How I Rewired My Brain to Become Fluent in Math - prajjwal
http://nautil.us/issue/17/big-bangs/how-i-rewired-my-brain-to-become-fluent-in-math
======
j2kun
> And indeed, it's easier for teachers to induce students to discuss a
> mathematical subject (which, if done properly, can do much to help promote
> understanding) than it is for that teacher to tediously grade math homework.

It's much easier to give rote problems and grade them mindlessly because it
doesn't require you to engage the students in any way. Moreover, engaging your
students requires you to actually _know_ the mathematics more deeply than a
textbook, and most high school math teachers don't come close to this.
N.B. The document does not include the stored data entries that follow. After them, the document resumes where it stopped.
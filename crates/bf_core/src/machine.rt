//! The core: the state of a backfill, the events that led to it, and what one more event does.
ghost use Rattle.std.specs.Prelude.{◌≡◌, ◌<◌, OnOk, OnErr, IfOk, IfErr, IfSome, IfNone, length};
ghost use Rattle.bf_core.specs.Events.{next_run, decision_in, IsPresent, phase_of, AllSettled};
ghost use Rattle.bf_core.specs.Cores.{deciding, opening, HasCome, IsRefusal, MayCome};
ghost use Rattle.bf_core.specs.inner.Tries.{IsBeginning, IsEnding, IsRetry};
ghost use Rattle.bf_core.specs.Terms.{Phase};
ghost use Rattle.bf_core.specs.inner.Checks.{HasRows, RefusedFor};

use crate::clock::{Clock, Moments, Retry, note_end};
use crate::decision::{
    Decision, decision_after_verdict, goes_on_to_expansion, refuse_unless_undecided, task_verdict,
};
use crate::event::{Event, Illegal};
use crate::names::{Unfinished, next_try, place_of, require_unfinished_instance};
use crate::state::{Change, RunPhase, State, is_closable, is_retried, unopened_runs};
use bf_plan::{Dag, Demand, Plan};
use bf_pool::{NoRoom, Pools};
use bf_runs::RunCount;
use bf_try::{EndedTries, Entry, Outcome, fits};
use bf_value::{JobName, OutOfMemory};
use bf_xcom::{RunState, SharedGiven};
use std::alloc::Global;
use std::marker::Model;

/// A backfill of a plan as far as it has come. It decides nothing by itself: `apply` takes the events that somebody
/// else chooses, and refuses those that may not come now.
#[derive(Drop)]
pub struct Core<'a> {
    pub(crate) alloc: Global,
    pub(crate) plan: &'a Plan,
    pub(crate) runs: u32,
    pub(crate) pools: Pools,
    pub(crate) state: State,
    pub(crate) clock: Clock,
    /// How many runs were opened, which is the next one to open, and how many of these are open still.
    pub(crate) opened_runs: u32,
    pub(crate) active_runs: u32,
    /// Room for the states of the runs, which are known once the backfill has ended.
    pub(crate) run_states: Vec<RunState>,
    pub(crate) journal: Vec<Event>,
}

impl<'a> Model for Core<'a> {
    ghost use Rattle.std.specs.Prelude.{vec_len};
    ghost use Rattle.bf_core.specs.Cores.{Backfill, IsCore};
    ghost use Rattle.bf_plan.specs.contracts.plan.Dag;
    ghost use Rattle.bf_plan.specs.contracts.plan.Limits;
    ghost use Rattle.bf_core.specs.contracts.state.State;
    ghost use Rattle.bf_core.specs.contracts.clock.Clock;
    ghost use Rattle.bf_core.specs.contracts.event.Event;
    ghost use Rattle.std.specs.Coded.{codes};

    ghost Value = { Backfill };

    ghost coded = { Prim.hlevel (
      codes,
      Dag.the_row.coded,
      Limits.the_row.coded,
      State.the_row.coded,
      Clock.the_row.coded,
      Event.the_row.coded,
    ) };

    ghost view = { λ c. record {
      dag = c.plan.now.dag;
      limits = c.plan.now.limits;
      runs = c.runs;
      state = c.state;
      clock = c.clock;
      journal = c.journal.items;
    } };

    ghost invariant = { λ c. IsCore (record {
      dag = c.plan.now.dag;
      limits = c.plan.now.limits;
      runs = c.runs;
      state = c.state;
      clock = c.clock;
      journal = c.journal.items;
    }) c.pools (vec_len c.run_states) c.opened_runs c.active_runs };
}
> ..., someone who dances daily with triple integrals, Fourier transforms, and
> that crown jewel of mathematics, Euler’s equation

I've met scores of engineers who can "dance" with triple integrals, and yet
are still terrible at formulating or understanding the most basic of
mathematical claims. But what do they do in their jobs? They certainly don't
compute integrals all day.

Being good at mathematics requires practice, as does every pursuit, nobody is
contending that. But what this author (and most critics of Common Core) don't
understand is that knowledge of mathematical facts and rote symbolic
manipulation skills is not equivalent to skill at mathematics. We do not teach
our students mathematics so they can swim in triple integrals. We teach them
mathematics to develop analytical minds. Rote computation does not do this,
and thank goodness the standards writers are finally starting to acknowledge
that.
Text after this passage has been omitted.